Rolf of Saxony - 1 year ago 77
Python Question

# Why does "".join() appear to be slower than +=

Despite this question Why is ''.join() faster than += in Python? and it's answers and this great explanation of the code behind the curtain: https://paolobernardi.wordpress.com/2012/11/06/python-string-concatenation-vs-list-join/

My tests suggest otherwise and I am baffled.

Am I doing something simple, incorrectly? I'll admit that I'm fudging the creation of x a bit but I don't see how that would affect the outcome.

``````import time
x="xxxxxxxxxxxxxxxxxxxxxxxxxxxxxxxxxxxxxxxxxxxxxxxxxxxxxxxxxxxxxxxxxxxxxxxxxx"
y=""
t1 = (time.time())
for i in range(10000):
y+=x
t2 = (time.time())
#print (y)
print (t1,t2,"=",t2-t1)
``````

(1473524757.681939, 1473524757.68521, '=', 0.0032711029052734375)

``````import time
x="xxxxxxxxxxxxxxxxxxxxxxxxxxxxxxxxxxxxxxxxxxxxxxxxxxxxxxxxxxxxxxxxxxxxxxxxxx"
y=""
t1 = (time.time())
for i in range(10000):
y=y+x
t2 = (time.time())
#print (y)
print (t1,t2,"=",t2-t1)
``````

(1473524814.544177, 1473524814.547544, '=', 0.0033669471740722656)

``````import time
x=10000*"xxxxxxxxxxxxxxxxxxxxxxxxxxxxxxxxxxxxxxxxxxxxxxxxxxxxxxxxxxxxxxxxxxxxxxxxxx"
y=""
t1 = (time.time())
y= "".join(x)
t2 = (time.time())
#print (y)
print (t1,t2,"=",t2-t1)
``````

(1473524861.949515, 1473524861.978755, '=', 0.029239892959594727)

As can be seen the
`"".join()`
is much slower and yet we're told that it's meant to be quicker.

These values are very similar in both python2.7 and python3.4

Edit:
Ok fair enough, I delete this once it's reached the maximum number of down votes.
The "one huge string" thing is the kicker.

``````import time
x=[]
for i in range(10000):
x.append("xxxxxxxxxxxxxxxxxxxxxxxxxxxxxxxxxxxxxxxxxxxxxxxxxxxxxxxxxxxxxxxxxxxxxxxxxx")
y=""
t1 = (time.time())
y= "".join(x)
t2 = (time.time())
#print (y)
print (t1,t2,"=",t2-t1)
``````

(1473526344.55748, 1473526344.558409, '=', 0.0009288787841796875)
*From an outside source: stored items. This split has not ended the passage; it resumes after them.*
//! The transactions whose locks bar a range.
ghost use Rattle.std.specs.Prelude.{◌≡◌, ◌||◌, ◌++◌, ℕ, List, map, flat_map, nat_eq, OnOk, OnErr};
ghost use Rattle.std.specs.List.{list_any};
ghost use Rattle.std.specs.Ordering.{nat_cmp};
ghost use Rattle.std.specs.BTreeSet.{contains, IsOrdered};
ghost use Rattle.range_lock.specs.Lock.{bars};
ghost use Rattle.range_lock.specs.Tables.{lock_at_point, lock_on_range, locks_on_ranges, bars_by};

use crate::entry::{PointEntry, RangeLock};
use crate::search::{is_above, is_one_exclusive, start_of};
use std::alloc::{AllocError, Global};
use std::collections::{BTreeMap, BTreeSet};
use std::ops;
use store_model::{KeyRange, List, Mode, TxId};

fn keeps_off(range: &KeyRange, mode: Mode, at: &KeyRange, held: Mode) -> bool
    ensures { result ≡ bars range.now mode (record { tx = 0; range = at.now; mode = held }) }
{
    range.overlaps(at) && is_one_exclusive(mode, held)
}

/// Adds the holders of point locks in one mode that bar the range.
pub fn add_at_points<const N: usize>(
    found: &mut BTreeSet<TxId>,
    points: &BTreeSet<PointEntry<N>>,
    held: Mode,
    range: &KeyRange,
    mode: Mode,
) -> Result<(), AllocError>
    ensures { OnOk result ((tx : ℕ) → contains nat_cmp found.new tx ≡ (contains nat_cmp found.old tx || list_any (bars_by range.now mode tx) (map (lock_at_point held) points.now.keys))) }
{
    for lock in points.range((start_of(range), ops::Bound::Unbounded)) {
        if !is_above(range.high(), lock.text()) {
            break;
        }
        if keeps_off(range, mode, &lock.place(), held) {
            found.insert(lock.tx())?;
        }
    }
    Ok(())
}

/// Whether one of these locks bars the range.
fn any_bars(held: &[RangeLock], range: &KeyRange, mode: Mode) -> bool
    ensures { result ≡ list_any (λ r. bars range.now mode (lock_on_range 0 r)) held.now }
{
    held.iter()
        .any(|lock| keeps_off(range, mode, &lock.range, lock.mode))
}

/// Adds the holders of range locks that bar the range.
pub fn add_on_ranges(
    found: &mut BTreeSet<TxId>,
    ranges: &BTreeMap<TxId, List<RangeLock>>,
    range: &KeyRange,
    mode: Mode,
) -> Result<(), AllocError>
    ensures { OnOk result ((tx : ℕ) → contains nat_cmp found.new tx ≡ (contains nat_cmp found.old tx || list_any (bars_by range.now mode tx) (flat_map locks_on_ranges ranges.now.entries))) }
{
    for (holder, held) in ranges {
        if any_bars(held.as_slice(), range, mode) {
            found.insert(*holder)?;
        }
    }
    Ok(())
}

/// Appends them in order. Where memory runs out, `out` is as before.
pub fn append(alloc: Global, found: &BTreeSet<TxId>, out: &mut Vec<TxId>) -> Result<(), AllocError>
    ensures ok { OnOk result (out.new.items ≡ out.old.items ++ found.now.keys) }
    ensures err { OnErr result (out.new.items ≡ out.old.items) }
    ensures ordered { IsOrdered nat_cmp found.now }
{
    let mut txs = Vec::new(alloc);
    for tx in found {
        txs.push(*tx)?;
    }
    out.extend_from_slice(&txs)
}
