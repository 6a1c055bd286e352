//! Locks on wider ranges, for each transaction.
ghost use Rattle.std.specs.Prelude.{◌≡◌, ◌↔◌, ◌⊎◌, ℕ, List, flat_map, IfOk, OnOk, OnErr, IsTrue, true};
ghost use Rattle.range_lock.specs.Lock.{Lock, IsAmong, covers};
ghost use Rattle.range_lock.specs.Tables.{locks_on_ranges, lock_on_range, on_range, IsCoveredOnRange, IsCoveredByOne};

use crate::entry::RangeLock;
use crate::point::includes;
use crate::search::is_exclusive;
use std::alloc::{AllocError, Global};
use std::collections::BTreeMap;
use store_model::{KeyRange, List, Mode, TxId};

/// The same range again.
pub fn copied(range: &KeyRange) -> Result<KeyRange, AllocError>
    ensures { IfOk result (λ r. r ≡ range.now) }
{
    range.clone()
}

fn is_range_lock(lock: &RangeLock, range: &KeyRange, mode: Mode) -> bool
    ensures { IsTrue result ↔ (lock.now ≡ on_range range.now mode) }
{
    lock.range == *range && lock.mode == mode
}

/// Whether the transaction holds this very range in this mode.
pub fn holds_range(
    ranges: &BTreeMap<TxId, List<RangeLock>>,
    tx: TxId,
    range: &KeyRange,
    mode: Mode,
) -> bool
    ensures { result ≡ true → IsAmong (lock_on_range tx (on_range range.now mode)) (flat_map locks_on_ranges ranges.now.entries) }
{
    match ranges.get(&tx) {
        None => false,
        Some(held) => is_listed(held.as_slice(), range, mode),
    }
}

fn is_listed(held: &[RangeLock], range: &KeyRange, mode: Mode) -> bool
    ensures { result ≡ true → IsAmong (on_range range.now mode) held.now }
{
    for lock in held {
        if is_range_lock(lock, range, mode) {
            return true;
        }
    }
    false
}

/// Adds a lock to those of its transaction. Where memory runs out, what is held stays as it was.
pub fn put_range(
    alloc: Global,
    ranges: &mut BTreeMap<TxId, List<RangeLock>>,
    tx: TxId,
    lock: RangeLock,
) -> Result<(), AllocError>
    ensures ok { OnOk result ((l : Lock) → IsAmong l (flat_map locks_on_ranges ranges.new.entries) ↔ ((l ≡ lock_on_range tx lock) ⊎ IsAmong l (flat_map locks_on_ranges ranges.old.entries))) }
    ensures err { OnErr result (ranges.new.entries ≡ ranges.old.entries) }
{
    if let Some(held) = ranges.get_mut(&tx) {
        held.push(lock)?;
        return Ok(());
    }
    let mut held = List::new(alloc);
    held.push(lock)?;
    ranges.insert(tx, held)?;
    Ok(())
}

/// Whether one of the transaction's locks on wider ranges includes the range in this mode.
pub fn covers_on_range(
    ranges: &BTreeMap<TxId, List<RangeLock>>,
    tx: TxId,
    range: &KeyRange,
    mode: Mode,
) -> bool
    ensures { IsTrue result ↔ IsCoveredOnRange ranges.now tx range.now mode }
{
    if ranges.len() == 0 {
        return false;
    }
    match ranges.get(&tx) {
        None => false,
        Some(held) => is_covered(held.as_slice(), range, mode),
    }
}

fn covers_one(lock: &RangeLock, range: &KeyRange, mode: Mode) -> bool
    ensures { result ≡ covers (lock_on_range 0 lock.now) range.now mode }
{
    includes(&lock.range, range) && (is_exclusive(lock.mode) || !is_exclusive(mode))
}

fn is_covered(held: &[RangeLock], range: &KeyRange, mode: Mode) -> bool
    ensures { IsTrue result ↔ IsCoveredByOne held.now range.now mode }
{
    for lock in held {
        if covers_one(lock, range, mode) {
            return true;
        }
    }
    false
}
An order of magnitude quicker.
Mia Culpa!

You called `''.join()` on one huge string, not a list (multiplying a string produces a larger string). This forces `str.join()` to iterate over that huge string, joining 74k individual `'x'` characters. In other words, your second test does 74 times more work than your first.

To conduct a fair trial, you need to start with the same inputs for both, and use the `timeit` module to reduce the influence of garbage collection and other processes on your system.

That means both approaches need to work from a list of strings (your assignment examples rely on repeatedly adding a string literal, stored as a constant):

``````from timeit import timeit

testlist = ['x' * 74 for _ in range(100)]

def strjoin(testlist):
return ''.join(testlist)

def inplace(testlist):
result = ''
for element in testlist:
result += element
return result

def concat(testlist):
result = ''
for element in testlist:
result = result + element
return result

for f in (strjoin, inplace, concat):
timing = timeit('f(testlist)', 'from __main__ import f, testlist',
number=100000)
print('{:>7}: {}'.format(f.__name__, timing))
``````

On my Macbook Pro, on Python 3.5, this produces:

``````strjoin: 0.09923043003072962
inplace: 1.0032496969797648
concat: 1.0027298880158924
``````

On 2.7, I get:

``````strjoin: 0.118290185928
inplace: 0.85814499855
concat: 0.867822885513
``````

`str.join()` is still the winner here.